Haskell Function Composition with Map Function

Question

I'm going through the Richard Bird's "Thinking Functionally with Haskell" book and there is a section that I can't understand where he's proving a property of the filter method. What he's proving is:

filter p . map f = map f . filter (p . f)

Previously in the book, he defines the filter as:

filter p = concat . map (test p)
test p x = if p x then [x] else []

This is how he proves the first equation:

    filter p . map f
= {second definition of filter} -- He's referring to the definition I gave above
    concat . map (test p) . map f
= {functor property of map}
    concat . map (test p . f)
= {since test p . f = map f . test (p . f)}
    concat . map (map f . test (p . f))
= {functor property of map}
    concat . map (map f) . map (test (p . f))
= {naturality of concat}
    map f . concat . map (test (p . f))
= {second definition of filter}
    map f . filter (p . f)

What I can't understand is how test p . f is equal to map f . test (p . f).

This is how I tried to test it:

test :: (a -> Bool) -> a -> [a]
test p x = if p x then [x] else []

test ((<15) . (3*)) 4 -- test p .f, returns [4]
(map (3*) . test((<15) . (3*))) 4 -- map f . test (p . f), returns [12]

Can anyone please explain what I'm missing here?

Answer 1

You tested

test (p . f) = map f . test (p . f)

Which is indeed false. The property is actually

test p . f = map f . test (p . f)

Where the LHS associates as

test p . f = (test p) . f

Remember, function application is more tightly binding than any user-definable operator, acting like it's infixl 10. Two identifiers next to each other are always part of a prefix function application. (Except in the case of as-patterns: f xs@ys zs means f (xs@ys) zs.)

To prove the property:

    test p . f
={definition of (.)}
    \x -> test p (f x)
={definition of test}
    \x -> if p (f x) then [f x] else []
={definition of map, multiple times}
    \x -> if p (f x) then map f [x] else map f []
={float map f out of cases}
    \x -> map f (if p (f x) then [x] else [])
={definition of (.)}
    \x -> map f (if (p . f) x then [x] else [])
={definition of test}
    \x -> map f (test (p . f) x)
={definition of (.)}
    map f . test (p . f)

Adapting your example, test (<15) . (*3) means "multiply by 3, ensuring that the result is less than 15." map (*3) . test ((<15) . (*3)) means "ensure that thrice the input is less than 15, and, if so, return thrice the input."

Answer 2

HTNW's answer covers your test case and how to prove the equation using the definition of test. I'd say there still is an underlying question, though: from which hat were we supposed to pull that equation of -- why should we even consider the possibility of it being true? To answer that, let's begin by having a second look at the equation:

test p . f = map f . test (p . f)

In words, it says that modifying a value using some f function and then, given some suitable predicate p, applying test p on it is the same than modifying the value after using test (with the predicate suitably modified by composing it with f, so that it fits the type of the unmodified value).

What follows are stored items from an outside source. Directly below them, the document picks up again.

//! What lines ask, and what is wrong with them.
use super::fixtures::{Asks, Fault, assert_asked, assert_refused, is_refused, read};
use bl_policy::access::Mode;
use bl_script::asked::Line;
use bl_script::script::{Script, Stmt};
use bl_script::work::Work;
use std::alloc::Global;
use std::process::Abort;

/// The behaviour that a line asks.
fn script_of(alloc: Global, line: &[u8]) -> Option<Script> {
    match read(alloc, line).ok()? {
        Line::Work(Work::Behaviour(script)) => Some(script),
        _ => None,
    }
}

#[test]
fn reads_each_line(rt: HostRuntime) {
    const LINES: &[(&str, Asks)] = &[("hello bob", Asks::Hello(1)), ("\twait ", Asks::Wait)];
    assert_asked(&rt, rt.alloc(), LINES);
}

/// Whether the parent writes memo and reads note, and its child appends.
fn has_accesses(script: &Script) -> bool {
    script.weight() == 2
        && script.accesses(0).len() == 2
        && script.accesses(1).len() == 1
        && script.accesses(0)[0].mode == Mode::Write
        && script.accesses(0)[1].doc.position() == 1
        && script.accesses(1)[0].mode == Mode::Append
}

/// Whether a body adds `a` to memo and spawns the first child.
fn adds_and_spawns(body: &[Stmt]) -> bool {
    match body {
        [Stmt::Add(doc, text), Stmt::Spawn(1)] => {
            doc.position() == 0 && text.bytes() == b"a".as_slice()
        }
        _ => false,
    }
}

/// Whether the parent adds to memo and spawns its child, which does nothing.
fn has_bodies(script: &Script) -> bool {
    script.weight() == 2 && adds_and_spawns(script.body(0)) && script.body(1).is_empty()
}

/// Whether a line asks such a behaviour; none where it asks no behaviour.
fn has_a_child(alloc: Global, line: &str) -> Option<bool> {
    let script = script_of(alloc, line.as_bytes())?;
    let has_a_child = has_accesses(&script) && has_bodies(&script);
    drop(script);
    Some(has_a_child)
}

#[test]
fn reads_a_behaviour_with_a_child(rt: HostRuntime) {
    let line = "when write memo,read note do add memo \"a\"; spawn when append log do end ; end";
    assert!(rt; has_a_child(rt.alloc(), line) == Some(true));
}

/// Whether the lines ask the same behaviours; none where one asks no behaviour.
fn are_same(alloc: Global, line: &str, other: &str) -> Option<bool> {
    let script = script_of(alloc, line.as_bytes())?;
    let other = script_of(alloc, other.as_bytes())?;
    let are_same = script.is_same(&other);
    drop(script);
    drop(other);
    Some(are_same)
}

#[test]
fn an_else_of_nothing_is_none(rt: HostRuntime) {
    let with = "when read memo do if memo is \"\" then show memo; else end; end";
    let without = "when read memo do if memo is \"\" then show memo; end; end";
    assert!(rt; are_same(rt.alloc(), with, without) == Some(true));
}

#[test]
fn syntax_offsets(rt: HostRuntime) {
    const LINES: &[(&str, Fault)] = &[
        ("when read memo show memo; end", Fault::Syntax(15)),
        ("when read memo do show memo;", Fault::Syntax(28)),
        ("when read memo do say \"a\\b\"; end", Fault::Syntax(24)),
    ];
    assert_refused(&rt, rt.alloc(), LINES);
}

/// By a byte, by a token, by the line's end, by what stands behind a line, by a sign that is missing, by a text that is
/// not closed, and by a word that is too long.
#[test]
fn places_a_fault_of_syntax(rt: HostRuntime) {
    const LINES: &[(&str, Fault)] = &[
        ("hello A", Fault::Syntax(6)),
        ("hello wait", Fault::Syntax(6)),
        ("when read memo do  ", Fault::Syntax(19)),
        ("wait now", Fault::Syntax(5)),
        ("when read memo do show memo end", Fault::Syntax(28)),
        ("when read memo do say \"a", Fault::Syntax(24)),
        ("hello aaaaaaaaaaaaaaaaaaaaaaaaaaaaaaaaa", Fault::Syntax(6)),
    ];
    assert_refused(&rt, rt.alloc(), LINES);
}

#[test]
fn refusals_of_a_line(rt: HostRuntime) {
    const LINES: &[(&str, Fault)] = &[
        ("when read memo, write memo do end", Fault::Twice("memo")),
        ("when read zed do show zed; end", Fault::Unknown("zed")),
        ("when append log do show log; end", Fault::Mode("log")),
    ];
    assert_refused(&rt, rt.alloc(), LINES);
}

#[test]
fn tells_the_first_name_at_fault(rt: HostRuntime) {
    const LINES: &[(&str, Fault)] = &[
        ("hello memo", Fault::Unknown("memo")),
        ("when read ann do show x;end", Fault::Unknown("ann")),
        (
            "when read note do copy memo to log;end",
            Fault::Mode("memo"),
        ),
    ];
    assert_refused(&rt, rt.alloc(), LINES);
}

/// A long line.
#[derive(Clone, Copy)]
enum Text {
    /// A line that reads memo, with blanks behind it, of so many bytes in all.
    OfLength(usize),
    /// A `when` that reads memo, with so many spawned in one another.
    Spawned(usize),
    /// `when read memo do `, and so many `if` in one another, none of them closed.
    Opened(usize),
}

/// The word with blanks behind it, so many bytes in all.
fn spaced(alloc: Global, word: &[u8], len: usize) -> Option<Vec<u8>> {
    let mut line = Vec::new(alloc);
    line.extend_from_slice(word).ok()?;
    line.resize(len, b' ').ok()?;
    Some(line)
}

/// `when read memo do `, then the first part so many times, `end`, and the other part so many times.
fn nested(alloc: Global, times: usize, before: &[u8], behind: &[u8]) -> Option<Vec<u8>> {
    let mut line = opened(alloc, times, before)?;
    line.extend_from_slice(b"end").ok()?;
    for _ in 0..times {
        line.extend_from_slice(behind).ok()?;
    }
    Some(line)
}

/// `when read memo do `, and then this so many times.
fn opened(alloc: Global, times: usize, before: &[u8]) -> Option<Vec<u8>> {
    let mut line = Vec::new(alloc);
    line.extend_from_slice(b"when read memo do ").ok()?;
    for _ in 0..times {
        line.extend_from_slice(before).ok()?;
    }
    Some(line)
}

fn line_of(alloc: Global, text: Text) -> Option<Vec<u8>> {
    match text {
        Text::OfLength(len) => spaced(alloc, b"when read memo do show memo; end", len),
        Text::Spawned(times) => nested(alloc, times, b"spawn when read memo do ", b"; end"),
        Text::Opened(times) => opened(alloc, times, b"if a is\"\"then "),
    }
}

/// How many behaviours a line asks; none where it asks no behaviour.
fn weight_of(alloc: Global, line: &[u8]) -> Option<usize> {
    let script = script_of(alloc, line)?;
    let weight = script.weight();
    drop(script);
    Some(weight)
}

/// Whether a line asks so many behaviours, or is refused for this fault.
fn is_found(alloc: Global, line: &[u8], found: Result<usize, Fault>) -> bool {
    match found {
        Ok(weight) => weight_of(alloc, line) == Some(weight),
        Err(fault) => is_refused(alloc, line, fault),
    }
}

/// Whether a long line has so many bytes, and asks so many behaviours or is refused for this fault.
fn stands(alloc: Global, text: Text, len: usize, found: Result<usize, Fault>) -> bool {
    match line_of(alloc, text) {
        Some(line) => line.len() == len && is_found(alloc, &line, found),
        None => false,
    }
}

fn assert_found(rt: &impl Abort, alloc: Global, texts: &[(Text, usize, Result<usize, Fault>)]) {
    for (n, (text, len, found)) in texts.iter().enumerate() {
        assert!(rt; stands(alloc, *text, *len, *found), "text {n}");
    }
}

const NINE_ACCESSES: &str =
    "when read a, read b, read c, read d, read e, read f, read g, read h, read i do end";

/// A line has depth 8 at most where seven are spawned in one another.
#[test]
fn long_deep_many(rt: HostRuntime) {
    const TEXTS: &[(Text, usize, Result<usize, Fault>)] = &[
        (Text::OfLength(8_192), 8_192, Ok(1)),
        (Text::OfLength(8_193), 8_193, Err(Fault::Long)),
        (Text::Spawned(7), 224, Ok(8)),
        (Text::Spawned(8), 253, Err(Fault::Deep)),
    ];
    assert_found(&rt, rt.alloc(), TEXTS);
    const LINES: &[(&str, Fault)] = &[(NINE_ACCESSES, Fault::Many)];
    assert_refused(&rt, rt.alloc(), LINES);
}

/// Some 580 `if` in one another, none of them closed: the deepest that a line can be.
#[test]
fn the_deepest_line_is_read(rt: HostRuntime) {
    const TEXTS: &[(Text, usize, Result<usize, Fault>)] = &[(
        Text::Opened(583),
        8_180,
        Err(Fault::Syntax(8_180)),
    )];
    assert_found(&rt, rt.alloc(), TEXTS);
}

Next, let's consider the type of test:

-- I'm adding the implicit forall for the sake of emphasis.
forall a. (a -> Bool) -> a -> [a]

The crucial thing here is that a function with this type must work for any choice of a whatsoever. If it can be anything, we don't know anything about it in advance when implementing a function with this type, like test. That severely limits what such a function can do: in particular, the elements of the result list, if any, must all be the same as the supplied value of type a (how could we change it into something else without knowing its type in advance?), and the predicate must be either ignored or applied to that same value (what else would we apply it to?). Taking that into account, what the equation says now feels natural: it doesn't matter whether we change the values with f before or after test, because test won't change the values on its own.

One way to make this sort of reasoning rigorous is through free theorems. A free theorem for a type is, thanks to parametric polymorphism, guaranteed to always hold for any possible value of that type, and you don't need anything other than the type to figure it out. It happens that the free theorem for forall a. (a -> Bool) -> a -> [a] is precisely test p . f = map f . test (p . f). Since I can't do justice to the subject in these short lines, here are a few references about free theorems:

• Parametricity: Money for Nothing and Theorems for Free, by Bartosz Milewski, is a good exposition with pointers to the key primary sources if you want to dig deeper.

• What Does fmap Preserve?, by yours truly, is not exactly about free theorems, but it presents some of the related themes in (hopefully) an accessible way.

• Relevant Stack Overflow posts: amalloy's answer to Polymorphic reasoning; Type signatures that never make sense.

• lambdabot can generate free theorems for you. You can use it either as a command line tool or through the bot that runs on the #haskell Freenode IRC channel.